//! The slots of the pages, read piece by piece, in the order of the file, with what shows whether two of them meet.

ghost use Rattle.std.specs.Prelude.{◌≡◌, ℕ, ◌+◌, ◌-◌, ◌*◌, ◌^◌, ◌≤◌, ◌<◌, ◌∷◌, ◌++◌, [], true, length, IfOk, ◌/◌, ◌%◌, IsTrue, None};
ghost use Rattle.rpm_pkgdb.specs.Prelude.{slots_with, AreNumbered, ArePages, AreRead, Awaits, Files, is_used, IsInOrder, AreSlotsRead, own_reason, Pkg, ReadsOnly, slot_of, slot_units, units_of};
ghost use Rattle.rpm_pkgdb.specs.inner.Reading.{SlotsRead};

use crate::slot::{BLOCKS, Reason, SLOT, Slot, own_reason, slot_of};
use crate::units::{read_units, unit_in};
use rpm_outside::{Disk, Failed, word};
use std::alloc::{AllocError, Global};

/// Slots, and whether each used one comes before the next by number and by block.
#[derive(Drop)]
pub struct Rising {
    pub slots: Vec<Slot>,
    /// Pairs of a number and a place, of all used slots.
    pub pairs: Vec<(u32, u32)>,
    /// The place of the first free slot.
    pub free: Option<u32>,
    pub numbers_rise: bool,
    pub blocks_rise: bool,
    /// The least number that the next used slot may have.
    pub number: u64,
    /// The least block that the next used slot may have.
    pub block: u64,
}

/// Whether keys that rose so far still do.
#[inline(always)]
fn still_rise(rise: bool, end: u64, key: u32) -> bool
    ensures { result ≡ true → (rise ≡ true) × (end ≤ key) }
{
    rise && end <= key as u64
}

impl Rising {
    /// No slots, with room for those of so many pages: 20 bytes for each.
    pub fn before(alloc: Global, pages: u32) -> Result<Rising, AllocError>
        requires pages { ArePages pages }
        ensures none { IfOk result (λ r. r.slots.items ≡ []) }
        ensures order { IfOk result IsInOrder }
        ensures awaits { IfOk result (Awaits pages (256 * pages - 2)) }
    {
        let count = (256 * pages - 2) as usize;
        let slots = Vec::with_capacity(alloc, count)?;
        let pairs = Vec::with_capacity(alloc, count)?;
        Ok(Rising {
            slots,
            pairs,
            free: None,
            numbers_rise: true,
            blocks_rise: true,
            number: 1,
            block: 256 * pages as u64,
        })
    }

    /// Adds a used slot.
    #[inline(always)]
    pub fn push_used(&mut self, slot: Slot)
        requires used { is_used slot ≡ true }
        requires order { IsInOrder self.old }
        requires few { length self.old.slots.items < 2 ^ 28 }
        requires awaits { Awaits 0 (length self.old.slots.items + 1) self.old }
        ensures order { IsInOrder self.new }
        ensures slots { self.new.slots.items ≡ self.old.slots.items ++ slot ∷ [] }
        ensures awaits { (pages n : ℕ) → 256 * pages ≤ slot.offset → Awaits pages n self.old → Awaits pages n self.new }
    {
        let place = self.slots.len() as u32;
        self.slots.push_reserved(slot);
        self.numbers_rise = still_rise(self.numbers_rise, self.number, slot.number);
        self.blocks_rise = still_rise(self.blocks_rise, self.block, slot.offset);
        self.number = slot.number as u64 + 1;
        self.block = slot.offset as u64 + slot.count as u64;
        self.pairs.push_reserved((slot.number, place));
    }

    /// Adds a slot.
    #[inline(always)]
    pub fn push(&mut self, slot: Slot)
        requires order { IsInOrder self.old }
        requires few { length self.old.slots.items < 2 ^ 28 }
        requires awaits { Awaits 0 (length self.old.slots.items + 1) self.old }
        ensures order { IsInOrder self.new }
        ensures slots { self.new.slots.items ≡ self.old.slots.items ++ slot ∷ [] }
        ensures awaits { (pages n : ℕ) → (is_used slot ≡ true → 256 * pages ≤ slot.offset) → Awaits pages n self.old → Awaits pages n self.new }
    {
        if slot.offset != 0 {
            return self.push_used(slot);
        }
        let place = self.slots.len() as u32;
        self.slots.push_reserved(slot);
        self.free = self.free.or(Some(place));
    }
}

/// How many slots are read at a time.
const PIECE: u32 = 1024;

/// The slots before the first that isn't right by itself, and what is wrong with that one.
#[derive(Drop)]
pub struct Reading {
    pub rising: Rising,
    pub reason: Option<Reason>,
}

/// Whether this is a slot that comes after all so far by number and by block. It is used and right by itself then.
#[inline(always)]
#[tactic(auto, unfolding(crate::specs::Damages::own_reason))]
fn is_next(rising: &Rising, pages: u32, units: u64, unit: &[u8]) -> bool
    requires unit { length unit.now ≡ 16 }
    requires some { 1 ≤ pages }
    requires block { 256 * pages ≤ rising.now.block }
    requires number { 1 ≤ rising.now.number }
    ensures own { result ≡ true → own_reason pages units unit.now ≡ None }
    ensures used { result ≡ true → is_used (slot_of unit.now) ≡ true }
{
    let slot = slot_of(unit);
    word(unit, 0) == SLOT
        && rising.number <= slot.number as u64
        && slot.number != u32::MAX
        && rising.block <= slot.offset as u64
        && slot.count != 0
        && slot.offset as u64 + slot.count as u64 <= units.min(BLOCKS)
}

/// Adds the slot in a unit, or says what is wrong with it by itself.
///
/// One that comes next is most often met, and asked nothing else.
#[inline(always)]
fn add_unit(rising: &mut Rising, pages: u32, units: u64, unit: &[u8]) -> Option<Reason>
    requires unit { length unit.now ≡ 16 }
    requires pages { ArePages pages }
    requires few { length rising.old.slots.items < 2 ^ 28 }
    requires awaits { Awaits pages (length rising.old.slots.items + 1) rising.old }
    requires order { IsInOrder rising.old }
    ensures reason { result ≡ own_reason pages units unit.now }
    ensures slots { rising.new.slots.items ≡ slots_with rising.old.slots.items result (slot_of unit.now) }
    ensures numbered { AreNumbered rising.old.slots.items → AreNumbered rising.new.slots.items }
    ensures order { IsInOrder rising.new }
    ensures awaits { (n : ℕ) → Awaits pages n rising.old → Awaits pages n rising.new }
{
    if is_next(rising, pages, units, unit) {
        rising.push_used(slot_of(unit));
        return None;
    }
    let reason = own_reason(pages, units, unit);
    if reason.is_none() {
        rising.push(slot_of(unit));
    }
    reason
}

/// Adds the slots in these bytes.
fn add_own(rising: Rising, pages: u32, units: u64, bytes: &[u8]) -> Reading
    requires pages { ArePages pages }
    requires few { length rising.slots.items + length bytes.now / 16 ≤ 2 ^ 28 }
    requires awaits { Awaits pages (length rising.slots.items + length bytes.now / 16) rising }
    requires order { IsInOrder rising }
    requires numbered { AreNumbered rising.slots.items }
    ensures adds { SlotsRead pages units (units_of bytes.now) rising.slots.items result }
    ensures order { IsInOrder result.rising }
    ensures numbered { AreNumbered result.rising.slots.items }
    ensures awaits { (n : ℕ) → Awaits pages n rising → Awaits pages n result.rising }
{
    let mut rising = rising;
    for k in 0..bytes.len() / 16 {
        let reason = add_unit(&mut rising, pages, units, unit_in(bytes, k));
        if reason.is_some() {
            return Reading { rising, reason };
        }
    }
    Reading {
        rising,
        reason: None,
    }
}

/// Reads the next slots of the table into these bytes, and adds them.
fn read_piece<D: Disk>(
    disk: &mut D,
    rising: Rising,
    pages: u32,
    units: u64,
    bytes: &mut [u8],
) -> Result<Reading, Failed>
    requires pages { ArePages pages }
    requires whole { length bytes.old % 16 ≡ 0 }
    requires few { length rising.slots.items + length bytes.old / 16 ≤ 256 * pages - 2 }
    requires within { IsTrue D.tells → 256 * pages ≤ length (D.files disk.old).pkg }
    requires awaits { Awaits pages (length rising.slots.items + length bytes.old / 16) rising }
    requires order { IsInOrder rising }
    requires read { AreRead (IsTrue D.tells) pages units (slot_units pages (D.files disk.old).pkg) rising.slots.items }
    ensures read { IfOk result (λ r. AreSlotsRead (IsTrue D.tells) pages units (slot_units pages (D.files disk.old).pkg)
        (length rising.slots.items + length bytes.old / 16) r) }
    ensures order { IfOk result (λ r. IsInOrder r.rising) }
    ensures awaits { IfOk result (λ r. (n : ℕ) → Awaits pages n rising → Awaits pages n r.rising) }
    ensures reads { ReadsOnly D.Disk Pkg (length bytes.old) result disk.old disk.new }
{
    read_units(disk, 2 + rising.slots.len() as u64, bytes)?;
    Ok(add_own(rising, pages, units, bytes))
}

/// Reads the slots, where there are none yet and there is room for them.
pub fn read_pieces<D: Disk>(
    disk: &mut D,
    rising: Rising,
    pages: u32,
    units: u64,
) -> Result<Reading, Failed>
    requires pages { ArePages pages }
    requires within { IsTrue D.tells → 256 * pages ≤ length (D.files disk.old).pkg }
    requires empty { rising.slots.items ≡ [] }
    requires order { IsInOrder rising }
    requires awaits { Awaits pages (256 * pages - 2) rising }
    ensures read { IfOk result (λ r. AreSlotsRead (IsTrue D.tells) pages units (slot_units pages (D.files disk.old).pkg) (256 * pages - 2) r) }
    ensures order { IfOk result (λ r. IsInOrder r.rising) }
    ensures reads { ReadsOnly D.Disk Pkg (16 * (256 * pages - 2)) result disk.old disk.new }
{
    let count = 256 * pages - 2;
    let mut rising = rising;
    let mut buffer = [0u8; 16_384];
    for k in 0..(count + PIECE - 1) / PIECE {
        let more = PIECE.min(count - PIECE * k);
        let reading = read_piece(
            disk,
            rising,
            pages,
            units,
            &mut buffer[..16 * more as usize],
        )?;
        if reading.reason.is_some() {
            return Ok(reading);
        }
        rising = reading.rising;
    }
    Ok(Reading {
        rising,
        reason: None,
    })
}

═══

Whenever the word "usize" occurs in a line of the records, that line counts toward the total; state the total only.

2